Not only this, we can go on to extract any differentially expressed genes within the sequence data sets. To do so, we can adjust both the log-fold and p-values in order to filter and extract a managaable number of differentially expressed genes from the sequence dataset - in our case adjusted alpha to be less than 0.01. Below demonstrate our selection of the total number of differentially expressed genes from each of the mutant lines, the red points illustrating the filtered differentially expressed genes from each mutant that were shown to have an adjusted p-value less than 0.01.
MA plots - top down Vim1 mutant, Vim123 mutant, Met1 mutant (red points demonstrate the filtered differentially expressed genes selected for further analysis).
These plots illustrate that the vim123 and met1 mutants have significant numbers of both upregulated and downregulated differentially expressed genes, especially in comparison to the vim1 mutant.
Analysis of the differentially expressed genes
There are several ways that we can assess and compare the differentially expressed genes between the different Arabidopsis mutants. We can perform a Gene Ontology (GO) term analysis to give an idea of what processes these differentially expressed genes are involved in. To perform this analysis we used AgriGo to search for the various GO’s.
From the GO plots we can begin to see that the differentially expressed genes within the met1 and vim123 mutants appear to play significant roles in altering the regulation of metabolic pathways as well as the maintenance and replication of DNA within the cell. Whereas the differentially expressed genes in the vim1 mutant appear to be far less specalised and spread throughout the cell.
We can also assess the overlap of differentially expressed genes between the different mutants of Arabidopsis and demonstrate this data using a venn diagram.

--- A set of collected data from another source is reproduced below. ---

// Ciphers: what every cipher owes, the glass cipher, and whitening.
#![tactic(auto)]

ghost use Rattle.std.specs.Prelude.{◌≡◌};
ghost use Rattle.cipher.specs.Permutes.{Permutes};
ghost use Rattle.std.proofs.Common.{rules};
ghost use Rattle.cipher.specs.Sums.{whitened_back};

use kind::Block;
use std::marker::PhantomData;

// A cipher on the blocks of one kind. An owner who brings his own writes this trait for it.
//
// He names the block kind, and says by `enc` and `dec` which maps E and D on its blocks the cipher stands for. He owes two laws,
// D(E(b)) = b and E(D(b)) = b for every block b: a cipher that sends two blocks to one has no D that meets them. And he owes two calls
// that give E(b) and D(b). They take every block, never refuse, and can't change the cipher. Nothing else is asked of a cipher, and
// whatever is promised of sealing and of cards holds for every one that shows this.
pub trait Cipher {
    // The kind of block.
    type Block: Block;

    // The map E of a cipher.
    ghost enc: { Self → Self.Block → Self.Block };

    // The map D of a cipher.
    ghost dec: { Self → Self.Block → Self.Block };

    // E(b).
    fn encrypt(&self, b: Self::Block) -> Self::Block
        ensures { result ≡ enc self.now b };

    // D(b).
    fn decrypt(&self, b: Self::Block) -> Self::Block
        ensures { result ≡ dec self.now b };

    // D undoes E.
    ghost back: { (c : Self) (b : Self.Block) → dec c (enc c b) ≡ b };

    // E undoes D.
    ghost forth: { (c : Self) (b : Self.Block) → enc c (dec c b) ≡ b };
}

// The bytes of a block as an array, for a cipher that is defined on bytes.
// Kept: tried: a cipher on bytes has an `encrypt` and a `decrypt` of one line each; one function for both, over the map of `[u8; N]` as a closure, is refused, since the borrow checker does not cover a closure whose arrays have a const parameter's length.
pub fn bytes_of<K: Block, const N: usize>(b: K) -> [u8; N]
    requires { K.ops.size ≡ N }
    ensures { result ≡ K.ops.bytes b }
{
    let mut bytes = [0; N];
    b.store(&mut bytes);
    bytes
}

// Every cipher's two maps send different blocks to different blocks, and leave no block out.
pub fn permutes<C: Cipher>(cipher: &C)
    ensures encryption { Permutes (C.enc cipher.now) }
    ensures decryption { Permutes (C.dec cipher.now) }
{}

// The glass cipher, in any kind: E(b) = D(b) = b. It hides nothing, and serves worked cases.
#[derive(Clone, Copy)]
pub struct Glass<K> {
    kind: PhantomData<K>,
}

impl<K> Glass<K> {
    // The glass cipher, of which a kind has just one.
    pub fn new() -> Glass<K>
        ensures { (g : Glass K) → g ≡ result }
    {
        Glass { kind: PhantomData }
    }
}

impl<K: Block> Cipher for Glass<K> {
    type Block = K;

    ghost enc = { λ c b. b };

    ghost dec = { λ c b. b };

    ghost back = { Prim.search rules };

    ghost forth = { Prim.search rules };

    fn encrypt(&self, b: K) -> K {
        b
    }

    fn decrypt(&self, b: K) -> K {
        b
    }
}

// Whitening, over any cipher and two blocks a and c of its kind: E'(b) = E(b ⊕ a) ⊕ c and D'(b) = D(b ⊕ c) ⊕ a.
#[derive(Drop)]
pub struct Whitened<C: Cipher> {
    inner: C,
    before: C::Block,
    after: C::Block,
}

impl<C: Cipher> Whitened<C> {
    // The cipher `inner` whitened with a = `before` and c = `after`.
    pub fn new(inner: C, before: C::Block, after: C::Block) -> Whitened<C>
        ensures { result ≡ record { inner = inner; before = before; after = after } }
    {
        Whitened {
            inner,
            before,
            after,
        }
    }
}

impl<C: Cipher> Cipher for Whitened<C> {
    type Block = C::Block;

    ghost enc = { λ w b. C.Block.ops.add (C.enc w.inner (C.Block.ops.add b w.before)) w.after };

    ghost dec = { λ w b. C.Block.ops.add (C.dec w.inner (C.Block.ops.add b w.after)) w.before };

    ghost back = { λ c b. whitened_back C.Block.ops C.Block.laws (C.enc c.inner) (C.dec c.inner) (C.back c.inner) c.before c.after b };

    ghost forth = { λ c b. whitened_back C.Block.ops C.Block.laws (C.dec c.inner) (C.enc c.inner) (C.forth c.inner) c.after c.before b };

    fn encrypt(&self, b: C::Block) -> C::Block {
        self.inner.encrypt(b.add(self.before)).add(self.after)
    }

    fn decrypt(&self, b: C::Block) -> C::Block {
        self.inner.decrypt(b.add(self.after)).add(self.before)
    }
}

This diagram shows that the mutants met1 and vim123 share significantly more differentially expressed genes that with the mutant vim1 - again reinforcing the clustering demonstrated in our earlier PCA analysis.
Conclusions
Our analysis demonstrates that the Arabidopsis mutants met1 and vim123 exhibit far more similar sequences than shared with either the wild-type or with the vim1 mutant. Not only this, when looking at the more specific functions of the up/downregulated differentially expressed genes within these mutants the genes seemed to be for more specalised in regulating metabolic processes, DNA maintainance and replication than the vim1 mutant - potentially suggesting that these genes carry out or are involved in more closely related pathwats within the cell.